Exercise input Block Start
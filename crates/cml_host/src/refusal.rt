//! Refusals: why a command goes no further.

ghost use Rattle.std.specs.Prelude.{IfErr, IfOk};
ghost use Rattle.cml_host.specs.{Refused.{IsExplained, IsUnread, RefusesAs, TellsUnread, unread_line}, Stores.{IsLoaded, IsUnchanged}};

use crate::reason::{Reason, with_why};
use crate::store::{Store, StoreFault};
use std::alloc::{AllocError, Global};
use thiserror::Error;

/// Why a command goes no further.
#[derive(Debug, Drop, Error)]
pub enum Refusal {
    /// This is for the errors, and this is the status.
    #[error("the file is refused")]
    Told(Vec<u8>, u8),
    /// This line is for the errors, and this is the status.
    #[error("{0}")]
    Line(&'static str, u8),
    /// Out of memory.
    #[error("out of memory")]
    Memory,
}

impl From<AllocError> for Refusal {
    ghost use Rattle.std.specs.Prelude.{◌≡◌};
    ghost use Rattle.cml_host.specs.declared.refusal.Refusal.TheVariants.{Memory};

    ghost from_gives = { λ _ e. e ≡ Memory };

    fn from(_error: AllocError) -> Refusal {
        Refusal::Memory
    }
}

/// The first bytes of what lies under the name, at most one more than the limit.
///
/// # Errors
/// The file can't be read, and why, where that is explained; or out of memory.
pub fn load<S: Store>(
    alloc: Global,
    name: &str,
    explains: bool,
    limit: usize,
    store: &mut S,
) -> Result<Vec<u8>, Refusal>
    ensures ok { IfOk result (λ text. IsLoaded (S.holds store.old name.now) limit text.items) }
    ensures err { IfErr result (RefusesAs (IsUnread explains name.now (S.holds store.old name.now))) }
    ensures same { IsUnchanged (S.holds store.old) (S.holds store.new) }
{
    match store.load(alloc, name, limit) {
        Ok(text) => Ok(text),
        Err(StoreFault::Refused(why)) => Err(unread(alloc, name, explains, why)),
        Err(StoreFault::Memory) => Err(Refusal::Memory),
    }
}

// That the file can't be read, and why, where that is explained.
fn unread(alloc: Global, name: &str, explains: bool, why: Option<Reason>) -> Refusal
    ensures { TellsUnread explains name.now result }
{
    match tell_unread(alloc, name, explains, why) {
        Ok(told) => Refusal::Told(told, 1),
        Err(AllocError) => Refusal::Memory,
    }
}

// What is told of a file that can't be read.
fn tell_unread(
    alloc: Global,
    name: &str,
    explains: bool,
    why: Option<Reason>,
) -> Result<Vec<u8>, AllocError>
    ensures { IfOk result (λ told. IsExplained explains (unread_line name.now) told.items) }
{
    let line = format!(in alloc; "cannot read {name}\n")?;
    with_why(alloc, line.as_bytes(), name, explains, why)
}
Exercise input Block End
Find and copy every line in the entries above where the string "IfErr" occurs.

Result below:
ghost use Rattle.std.specs.Prelude.{IfErr, IfOk};
    ensures err { IfErr result (RefusesAs (IsUnread explains name.now (S.holds store.old name.now))) }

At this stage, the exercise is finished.